(What you are asked to do) Your answer should be every line of the records that contains the word "ghost", copied as it stands.
....
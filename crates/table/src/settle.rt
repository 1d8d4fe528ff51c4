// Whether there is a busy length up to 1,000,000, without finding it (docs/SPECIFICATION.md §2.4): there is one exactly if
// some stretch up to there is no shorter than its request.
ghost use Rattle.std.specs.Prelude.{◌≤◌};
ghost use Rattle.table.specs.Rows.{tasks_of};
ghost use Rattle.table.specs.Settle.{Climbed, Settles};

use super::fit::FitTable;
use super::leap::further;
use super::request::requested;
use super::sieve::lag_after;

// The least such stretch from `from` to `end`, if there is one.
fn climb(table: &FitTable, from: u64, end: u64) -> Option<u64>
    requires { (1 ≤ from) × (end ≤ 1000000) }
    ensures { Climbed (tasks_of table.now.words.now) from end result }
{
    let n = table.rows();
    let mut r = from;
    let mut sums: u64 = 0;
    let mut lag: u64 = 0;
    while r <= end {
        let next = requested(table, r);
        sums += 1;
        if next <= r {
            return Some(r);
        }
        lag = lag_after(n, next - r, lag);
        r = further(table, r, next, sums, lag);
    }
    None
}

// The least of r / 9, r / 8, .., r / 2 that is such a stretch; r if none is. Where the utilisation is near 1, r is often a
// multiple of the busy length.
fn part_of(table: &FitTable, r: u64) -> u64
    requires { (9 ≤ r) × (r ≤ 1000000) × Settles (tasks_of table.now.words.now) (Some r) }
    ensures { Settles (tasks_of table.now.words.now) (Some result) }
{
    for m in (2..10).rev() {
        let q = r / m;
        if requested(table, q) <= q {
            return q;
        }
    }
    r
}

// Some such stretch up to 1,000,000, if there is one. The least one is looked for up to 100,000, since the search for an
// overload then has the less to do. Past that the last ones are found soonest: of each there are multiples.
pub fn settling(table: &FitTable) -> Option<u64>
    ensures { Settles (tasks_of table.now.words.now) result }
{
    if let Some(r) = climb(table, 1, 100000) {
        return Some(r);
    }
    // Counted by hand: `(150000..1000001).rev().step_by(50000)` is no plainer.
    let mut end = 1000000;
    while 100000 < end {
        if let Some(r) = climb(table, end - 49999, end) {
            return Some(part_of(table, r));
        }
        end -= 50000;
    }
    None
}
....
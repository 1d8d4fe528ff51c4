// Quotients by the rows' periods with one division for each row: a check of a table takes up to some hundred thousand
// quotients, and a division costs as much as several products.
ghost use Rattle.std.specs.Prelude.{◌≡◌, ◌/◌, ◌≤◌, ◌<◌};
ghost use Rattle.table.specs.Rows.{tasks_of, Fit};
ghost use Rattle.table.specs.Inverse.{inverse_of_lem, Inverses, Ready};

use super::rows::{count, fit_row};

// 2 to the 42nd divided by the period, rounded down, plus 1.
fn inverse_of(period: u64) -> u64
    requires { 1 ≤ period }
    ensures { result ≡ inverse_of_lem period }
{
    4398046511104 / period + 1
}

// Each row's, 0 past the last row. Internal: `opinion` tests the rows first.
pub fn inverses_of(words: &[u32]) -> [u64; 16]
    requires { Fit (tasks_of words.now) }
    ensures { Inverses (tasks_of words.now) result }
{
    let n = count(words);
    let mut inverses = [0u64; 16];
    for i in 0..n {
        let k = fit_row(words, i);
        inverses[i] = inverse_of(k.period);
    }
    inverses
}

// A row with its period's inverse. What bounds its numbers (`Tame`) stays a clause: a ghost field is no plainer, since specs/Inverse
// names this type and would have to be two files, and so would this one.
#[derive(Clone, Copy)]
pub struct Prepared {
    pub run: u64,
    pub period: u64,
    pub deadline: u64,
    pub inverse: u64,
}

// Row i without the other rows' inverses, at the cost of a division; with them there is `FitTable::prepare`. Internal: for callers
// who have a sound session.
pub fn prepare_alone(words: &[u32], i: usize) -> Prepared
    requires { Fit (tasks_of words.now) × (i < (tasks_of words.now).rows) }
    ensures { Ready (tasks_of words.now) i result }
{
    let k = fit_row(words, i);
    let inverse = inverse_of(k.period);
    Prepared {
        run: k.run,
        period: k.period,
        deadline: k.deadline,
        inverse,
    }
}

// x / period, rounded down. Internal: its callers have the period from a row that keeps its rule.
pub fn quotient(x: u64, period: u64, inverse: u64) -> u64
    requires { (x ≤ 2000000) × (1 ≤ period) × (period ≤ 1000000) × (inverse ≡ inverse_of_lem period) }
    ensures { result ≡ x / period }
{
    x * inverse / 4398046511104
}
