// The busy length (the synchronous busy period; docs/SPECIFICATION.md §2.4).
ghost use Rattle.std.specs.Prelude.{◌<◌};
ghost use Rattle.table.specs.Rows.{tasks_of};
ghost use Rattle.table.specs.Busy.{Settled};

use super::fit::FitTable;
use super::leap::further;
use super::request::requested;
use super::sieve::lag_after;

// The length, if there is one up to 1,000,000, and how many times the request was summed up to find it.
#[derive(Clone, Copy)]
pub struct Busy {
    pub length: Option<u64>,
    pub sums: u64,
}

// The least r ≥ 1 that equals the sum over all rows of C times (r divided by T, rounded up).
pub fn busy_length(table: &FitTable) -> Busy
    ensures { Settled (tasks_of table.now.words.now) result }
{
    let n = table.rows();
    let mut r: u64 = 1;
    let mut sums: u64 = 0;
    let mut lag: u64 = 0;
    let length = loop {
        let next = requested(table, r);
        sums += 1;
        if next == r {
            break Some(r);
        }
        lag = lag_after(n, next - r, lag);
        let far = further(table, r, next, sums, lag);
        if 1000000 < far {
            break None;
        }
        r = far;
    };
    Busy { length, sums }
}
....
(Response to this task)
ghost use Rattle.std.specs.Prelude.{◌≤◌};
ghost use Rattle.table.specs.Rows.{tasks_of};
ghost use Rattle.table.specs.Settle.{Climbed, Settles};
ghost use Rattle.std.specs.Prelude.{◌≡◌, ◌/◌, ◌≤◌, ◌<◌};
ghost use Rattle.table.specs.Rows.{tasks_of, Fit};
ghost use Rattle.table.specs.Inverse.{inverse_of_lem, Inverses, Ready};
// A row with its period's inverse. What bounds its numbers (`Tame`) stays a clause: a ghost field is no plainer, since specs/Inverse
ghost use Rattle.std.specs.Prelude.{◌<◌};
ghost use Rattle.table.specs.Rows.{tasks_of};
ghost use Rattle.table.specs.Busy.{Settled};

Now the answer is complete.